Clojure(Script) was already a key part of our technical arsenal. The language is natural for data manipulation, and its persistent data structures are a great fit for snapshotting real-time data and making it available as a time series. Since accessing the time series data becomes trivial, this opens up the possibility of having playback functionality (play, pause, rewind) for your visualization app.

As for the UI itself, Facebook’s React, and its ClojureScript interface, OM, seemed ideal for developing rich UIs that are easy to reason about.

OM from 10,000 ft

At its core, OM is about having a single, atomic representation of application state, and having hierarchical components render the latest snapshot of that state. DOM manipulation is expensive, so when application state changes, OM calculates and executes the minimum set of corresponding DOM updates. A big value-added of OM over React (besides the fact that it’s part of the Clojure ecosystem) is that changes in application state are very efficiently detected due to the fact you can simply do reference equality checks on persistent data structures.

D3 + OM, I’m familiar with both. This should be a no-brainer, right?

This is fine and well if you’re having OM render static html to reflect the data, OM will take care of efficiently rendering the data. However, we’re interested in creating highly interactive visuals using D3. D3 has a very powerful, declarative way of expressing how visual elements relate to data using selections. In my opinion, this is beautifully done, and we don’t want OM components to take over that responsibility. In addition, object constancy (via transitions) is crucial for understanding time series data, hence we don’t want to simply replace DOM elements.

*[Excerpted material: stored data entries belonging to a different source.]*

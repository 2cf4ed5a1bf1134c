//! Gives fields their places among the extra names.

ghost use Rattle.std.specs.Prelude.{◌≡◌, ◌≤◌, ◌⊎◌, ℕ, All, take, None, IfOk, OnOk, IfErr, OnErr};
ghost use Rattle.cloud_points.specs.ExtraNames.{added};
ghost use Rattle.extra_bytes.specs.Asked.{AreOwn};
ghost use Rattle.extra_bytes.specs.Bound.{EndsWithin, bound_field, field_fault, bound_fields, names_of, names_with, fields_fault};
ghost use Rattle.stage_names.specs.Faults.{IsFaultOf};

use crate::asked::known_names;
use cloud_points::{AddFault, ExtraField, ExtraNames, FieldList};
use stage_names::{PipeErr, PipeFault};
use std::alloc::{AllocError, Global};

/// A field with the place of its name, which is added to the extra names where it is new.
fn bind_field(
    alloc: Global,
    field: &ExtraField,
    i: u32,
    names: &mut ExtraNames,
) -> Result<ExtraField, PipeErr>
    ensures ok { IfOk result (λ bound. bound ≡ bound_field names.old field.now) }
    ensures names { OnOk result (names.new ≡ added field.now.name names.old) }
    ensures none { OnOk result (field_fault i names.old field.now ≡ None) }
    ensures fault { IfErr result (IsFaultOf (field_fault i names.old field.now)) }
    ensures part { OnErr result ((names.new ≡ names.old) ⊎ (names.new ≡ added field.now.name names.old)) }
{
    match names.add(field.name.as_str()) {
        Ok(place) => {
            let name = field.name.try_copy(alloc)?;
            Ok(ExtraField {
                name,
                place,
                kind: field.kind,
                at: field.at,
                scale: field.scale,
                offset: field.offset,
            })
        }
        Err(AddFault::Full) => Err(PipeErr::Fault(PipeFault::TooManyDims(i))),
        Err(AddFault::Memory) => Err(PipeErr::Memory),
    }
}

/// The fields with the places of their names, one after another.
fn bind_each(
    alloc: Global,
    found: &FieldList,
    i: u32,
    names: &mut ExtraNames,
) -> Result<FieldList, PipeErr>
    ensures ok { IfOk result (λ fields. fields ≡ bound_fields names.old found.now) }
    ensures names { OnOk result (names.new ≡ names_with names.old found.now) }
    ensures none { OnOk result (fields_fault i names.old found.now ≡ None) }
    ensures fault { IfErr result (IsFaultOf (fields_fault i names.old found.now)) }
    ensures part { OnErr result ((n : ℕ) × (names.new ≡ names_with names.old (take n found.now))) }
{
    let mut fields = Vec::new(alloc);
    for field in found.as_slice() {
        let bound = bind_field(alloc, field, i, names)?;
        fields.push(bound).map_err(AllocError::from)?;
    }
    Ok(FieldList::new(fields))
}

/// The fields of reader i with the places of their names, from 0 to 7, which are added to the extra names where they are new. Each
/// keeps its bytes.
///
/// `TooManyDims` comes exactly where a name would be the ninth, and `Memory` only where there was none. After either the extra names
/// are those with the names of the first fields.
pub fn bind_fields(
    alloc: Global,
    found: &FieldList,
    i: u32,
    names: &mut ExtraNames,
) -> Result<FieldList, PipeErr>
    ensures ok { IfOk result (λ fields. fields ≡ bound_fields names.old found.now) }
    ensures names { OnOk result (names.new ≡ names_with names.old found.now) }
    ensures none { OnOk result (fields_fault i names.old found.now ≡ None) }
    ensures fault { IfErr result (IsFaultOf (fields_fault i names.old found.now)) }
    ensures part { OnErr result ((n : ℕ) × (names.new ≡ names_with names.old (take n found.now))) }
    ensures places { IfOk result (All (λ f. f.place ≤ 7)) }
    ensures within { (size : ℕ) → All (EndsWithin size) found.now → IfOk result (All (EndsWithin size)) }
    ensures own { AreOwn names.old → AreOwn (names_of found.now) → OnOk result (AreOwn names.new) }
{
    known_names(names);
    bind_each(alloc, found, i, names)
}
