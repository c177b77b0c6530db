#![tactic(auto)]

mod fields;
mod laws;
mod neg_token_init;
mod neg_token_targ;
mod part;

pub use fields::{Layout, TokenFields};
pub use laws::{a_legal_token_has_no_other_writing, fields_written_are_read_back};
pub use neg_token_init::NegTokenInit;
pub use neg_token_targ::NegTokenTarg;
pub use part::{Field, Kind};
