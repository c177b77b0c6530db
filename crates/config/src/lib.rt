#![tactic(auto)]

ghost use Rattle.std.specs.Prelude.{◌≡◌, Bool, true, false};
ghost use Rattle.packages.specs.Packages.{any_open};

use packages::{PackageListConfig, Protocol};
use std::marker::PhantomData;

mod check;
mod sealed;

use sealed::Sealed;

// The greatest working buffer of a party, in bytes.
pub const MAX_WORK: usize = 16384;

// Whether a party begins or answers. Only this crate says so of a type.
pub trait Role: Sealed {
    const IS_CLIENT: bool;

    ghost IS_CLIENT: { Bool };
}

// The role of who begins.
#[derive(Clone, Copy)]
pub struct Client;

impl Role for Client {
    const IS_CLIENT: bool = true;

    ghost IS_CLIENT = { true };
}

// The role of who answers.
#[derive(Clone, Copy)]
pub struct Server;

impl Role for Server {
    const IS_CLIENT: bool = false;

    ghost IS_CLIENT = { false };
}

// A configuration that was checked: a party of the role R can be made of it, once.
// It is neither Copy nor Clone nor Drop, so it can be neither used twice nor let go; at least one package is open.
pub struct Draft<R> {
    role: PhantomData<R>,
    plan: Plan,
    ghost some: { any_open plan.«open» ≡ true },
}

// What stands in a draft: the protocol that runs, the packages that are open, and the greatest working buffer.
#[derive(Clone, Copy, PartialEq, Eq, Debug)]
pub struct Plan {
    pub running: Protocol,
    pub open: PackageListConfig,
    pub max_work: usize,
}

That said, a mix of D3 and OM sounds like a good way to approach this. But, OM/cljs works with (immutable) persistent data structures while D3 works with (mutable) native js data structures. Some data marshalling would be necessary for this to work, right? Where’s the data demarcation?

This is the approach that worked for us given our goals:

  • Raw/canonical time series data should be held atomically in OM – to take advantage of efficiently representing time series data in persistent data structures.
  • D3 works with native javascript data structures, and data marshalling (via clj->js and js->clj) is expensive, so we want to minimize this translation.
  • Therefore, it is reasonable to represent a (time) snapshot of the data as a cursor
  • AND, be comfortable with having some mutable data (stored in component state) necessary for a dynamic visualization.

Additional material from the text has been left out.